My name's Spagett, I do parties, and you just take my card, and if you need someone to spook ya-

Clayton Bigsby posted:

How was War Trash? I have it sitting here (got it as a gift with Waiting), but haven't picked it up yet.
I thought it was excellent. Read it a while ago, but the main character and the other POWs with him are a fascinating bunch.

bobservo
Jul 24, 2003

Ripley Under Water (1992) By Patricia Highsmith - This fifth and last book of the Ripley series starts out on a hopeful note, literarily speaking. As the Ripley books increased in number, Highsmith had a tendency to meander too much about the quaint country life of Thomas Ripley and his many leisurely European vacations. Unlike the 100-page warm-up of the last book, Ripley Under Water starts with immediate tension; an American couple has been snooping into Ripley's affairs in France, with the husband of this couple most interested in taking Ripley down for his own pleasure. The smoking gun in this story is a corpse left under water in the second book, quite possibly the only evidence that could incriminate Ripley for any of his past deeds. The conflict in Under Water makes it an oddly-timed direct sequel to Ripley Under Ground--and odder still due to how rarely Highsmith used to mention events of past books throughout the Ripley series.

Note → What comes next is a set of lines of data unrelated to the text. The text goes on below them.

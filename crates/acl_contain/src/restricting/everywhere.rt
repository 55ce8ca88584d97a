//! The most that a list may keep under a bound, on the object and on everything that will ever be created below it.
ghost use Rattle.std.specs.Prelude.{◌↔◌, ◌≡◌};
ghost use Rattle.acl_normal.specs.Common.{Ace, IfOk, IsAccepted, List, aces_in, all_rights, full};
ghost use Rattle.acl_contain.specs.EveryPath.{AtMostAt, AtMostEverywhere, IsGreatestEverywhere};
ghost use Rattle.acl_contain.specs.Removal.{IsGreatestWithin, IsRemoval};
ghost use Rattle.acl_contain.specs.internal.InPlace.{path_of};

use super::short_path::ShortPath;
use super::{without_excess, written};
use acl_nfs4::{AceRef, Acl, AclView};
use acl_normal::internal::collect;
use std::alloc::{AllocError, Global};

/// Takes rights out of the ALLOWs of a list until, on the object and on everything that will ever be created below it,
/// the list grants at most what a bound grants there, and returns the list. Of all lists that are made in this way, it
/// is the one that keeps most (this library's own, over RFC 8881, section 6.2.1, and its table of inheritance). Where
/// `restricted` leaves the ALLOWs that take no part on the object, this call looks at the new objects on which they do.
/// It takes time that is nearly linear in the bytes of both lists. Fails if memory runs out.
///
/// ```rust
/// let list = parse_text(alloc, b"ALLOW FILE|INHERITONLY READ_DATA|WRITE_DATA EVERYONE@\n")?;
/// let bound = parse_text(alloc, b"ALLOW FILE READ_DATA EVERYONE@\n")?;
/// assert!(rt; restricted(alloc, &list, &bound)? == list);
/// let kept = restricted_everywhere(alloc, &list, &bound)?;
/// assert!(rt; kept == parse_text(alloc, b"ALLOW FILE|INHERITONLY READ_DATA EVERYONE@\n")?);
/// ```
pub fn restricted_everywhere(alloc: Global, list: &Acl, bound: &Acl) -> Result<Acl, AllocError>
    // The list without rights of its ALLOWs, which at every path grants at most what the list and the bound grant.
    ensures removal { IfOk result (IsRemoval list.now) }
    ensures at_most_list { IfOk result (λ kept. AtMostEverywhere kept list.now) }
    ensures at_most_bound { IfOk result (λ kept. AtMostEverywhere kept bound.now) }
    // Each other such list is made of the result by taking out more, and at every path grants at most what the result
    // grants.
    ensures greatest { IfOk result (IsGreatestEverywhere list.now bound.now) }
    ensures most { IfOk result (λ kept. (other : List Ace) → IsRemoval list.now other
        → AtMostEverywhere other bound.now → AtMostEverywhere other kept) }
    // The list itself if and only if it grants at most what the bound grants at every path.
    ensures unchanged { IfOk result (λ kept. (kept ≡ list.now) ↔ AtMostEverywhere list.now bound.now) }
{
    restricted_of_views(alloc, &list.view(), &bound.view())
}

// Answers as `restricted_everywhere` does, for the lists of two views.
fn restricted_of_views(
    alloc: Global,
    list: &AclView<'_>,
    bound: &AclView<'_>,
) -> Result<Acl, AllocError>
    ensures { IfOk result (IsGreatestEverywhere list.now bound.now) }
{
    let aces = collect(alloc, list)?;
    let others = collect(alloc, bound)?;
    let kept = kept_everywhere(alloc, &aces, &others)?;
    written(alloc, &kept)
}

// The ACEs of the list without the rights that exceed the bound at one of the five paths.
fn kept_everywhere<'a>(
    alloc: Global,
    aces: &[AceRef<'a>],
    others: &[AceRef<'a>],
) -> Result<Vec<AceRef<'a>>, AllocError>
    requires list { IsAccepted full (aces_in aces.now) }
    requires bound { IsAccepted full (aces_in others.now) }
    ensures { IfOk result (λ kept. IsGreatestEverywhere (aces_in aces.now) (aces_in others.now)
        (aces_in kept.items)) }
{
    let kept = kept_at(alloc, ShortPath::Object, aces, others)?;
    let kept = kept_at(alloc, ShortPath::NewFile, &kept, others)?;
    let kept = kept_at(alloc, ShortPath::NewDirectory, &kept, others)?;
    let kept = kept_at(alloc, ShortPath::FileInDirectory, &kept, others)?;
    kept_at(alloc, ShortPath::DirectoryInDirectory, &kept, others)
}

// The ACEs of the list without the rights that exceed the bound at the path.
fn kept_at<'a>(
    alloc: Global,
    path: ShortPath,
    aces: &[AceRef<'a>],
    others: &[AceRef<'a>],
) -> Result<Vec<AceRef<'a>>, AllocError>
    requires list { IsAccepted full (aces_in aces.now) }
    requires bound { IsAccepted full (aces_in others.now) }
    ensures greatest { IfOk result (λ kept. IsGreatestWithin
        (λ cut. AtMostAt cut (aces_in others.now) (path_of path)) (aces_in aces.now)
        (aces_in kept.items)) }
    ensures accepted { IfOk result (λ kept. IsAccepted full (aces_in kept.items)) }
{
    let shown = path.list(alloc, aces)?;
    let limit = path.list(alloc, others)?;
    let left = without_excess(alloc, &shown, &limit)?;
    let mut kept = Vec::with_capacity(alloc, aces.len())?;
    for (place, item) in aces.iter().enumerate() {
        kept.push(path.put_back(*item, left[place]))?;
    }
    Ok(kept)
}
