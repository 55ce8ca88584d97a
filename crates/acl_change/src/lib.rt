//! The list after a change of the mode, and the list for one object.
#![tactic(auto)]

pub mod laws;
mod mode_change;
mod resolving;
mod up_to_three;

pub use mode_change::{ChmodFault, chmod};
pub use resolving::{ResolveFault, resolved};
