//! The five paths of creations that show what a list grants at all paths.
ghost use Rattle.std.specs.Prelude.{◌≡◌};
ghost use Rattle.acl_normal.specs.Common.{IfOk, ace, aces_in};
ghost use Rattle.acl_contain.specs.internal.InPlace.{all_in_place, in_place, put_back, takes_part_at};

use acl_nfs4::{AceRef, Flags};
use acl_perm::Mask;
use std::alloc::{AllocError, Global};

/// The object itself, or a new object at most two steps below it.
#[derive(Clone, Copy)]
pub(crate) enum ShortPath {
    Object,
    NewFile,
    NewDirectory,
    FileInDirectory,
    DirectoryInDirectory,
}

impl ShortPath {
    // Whether an ACE of the list, with these flags, takes part at the path.
    #[tactic(auto, using(acl_eval::proofs::Bits::single_bits))]
    fn is_part(self, flags: Flags) -> bool
        ensures { result ≡ takes_part_at self flags.bits }
    {
        let goes_on = !flags.contains(Flags::NO_PROPAGATE_INHERIT);
        match self {
            ShortPath::Object => !flags.is_inherit_only(),
            ShortPath::NewFile => flags.contains(Flags::FILE_INHERIT),
            ShortPath::NewDirectory => flags.contains(Flags::DIRECTORY_INHERIT),
            ShortPath::FileInDirectory => flags.contains(Flags::FILE_INHERIT) && goes_on,
            ShortPath::DirectoryInDirectory => flags.contains(Flags::DIRECTORY_INHERIT) && goes_on,
        }
    }

    // The ACE as it takes part at the path, and without rights if it takes no part there.
    fn in_place<'a>(self, item: AceRef<'a>) -> AceRef<'a>
        ensures { ace result ≡ in_place self (ace item.entry) }
    {
        AceRef {
            flags: item.flags.difference(Flags::INHERIT_ONLY),
            mask: if self.is_part(item.flags) {
                item.mask
            } else {
                Mask::NONE
            },
            ..item
        }
    }

    /// Returns the list at the path, with each ACE at the place that it has in the source. An ACE that takes no part
    /// there has no rights.
    pub(crate) fn list<'a>(
        self,
        alloc: Global,
        aces: &[AceRef<'a>],
    ) -> Result<Vec<AceRef<'a>>, AllocError>
        ensures { IfOk result (λ list. aces_in list.items ≡ all_in_place self (aces_in aces.now)) }
    {
        let mut list = Vec::with_capacity(alloc, aces.len())?;
        for item in aces {
            list.push(self.in_place(*item))?;
        }
        Ok(list)
    }

    /// Returns the ACE with the rights that it kept at the path, if it takes part there.
    pub(crate) fn put_back<'a>(self, item: AceRef<'a>, cut: AceRef<'a>) -> AceRef<'a>
        ensures { ace result ≡ put_back self (ace item.entry) (ace cut.entry) }
    {
        if self.is_part(item.flags) {
            AceRef {
                mask: cut.mask,
                ..item
            }
        } else {
            item
        }
    }
}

Sadly, the writing on the walls in The Boy Who Followed Ripley has become the actual text in Ripley Under Water; Highsmith's love for her own character makes his last adventure equally insufferable and improbable. Ripley is too perfect, too loved, and seemingly always at the right place at the right time. And much to my dismay as a fan of the Ripley series, he barely gets his hands dirty. Speaking of which, the disposal of this book's two antagonists is the most insulting "defeat" I've read since The Woman in White. To watch Highsmith's universe grant such dumb luck to Ripley only further proved his Mary Sue-hood. Just so I can explain how thoughtless the ending was, I'll present an analogy: Let's say we have a story where Character A is trying to defeat Character B. Character A's master plan is to ring Character B's doorbell and run away. Character A rings the doorbell, and when Character B gets up to go to the door, he trips over a footstool and dies. Ripley Under Water is this stupid.

This book is a sad end for the Ripley series (and Highsmith), but it doesn't detract from the other novels; the first is excellent, while the following two are very good. If you manage to get into the Ripliad, I advise you skip the last two books. You really won't be missing anything, unless you have a disappointment fetish.

LooseChanj
Feb 17, 2006

Logicaaaaaaaaal!
Blindness, Jose Saramago

Whew, that was exhausting. Saramago loves absurdly lengthy run-on sentences and two or three page paragraphs, and that's what every single of its 326 pages contained. He also seems to despise quotation marks, there wasn't one pair in the whole book. Maybe I'm just old and tired, but I like to at least have the option of a comfortable pausing point somewhat frequently but this book gives them few and very far between so reading it feels like running a marathon. It's the literary equivalent of waterboarding.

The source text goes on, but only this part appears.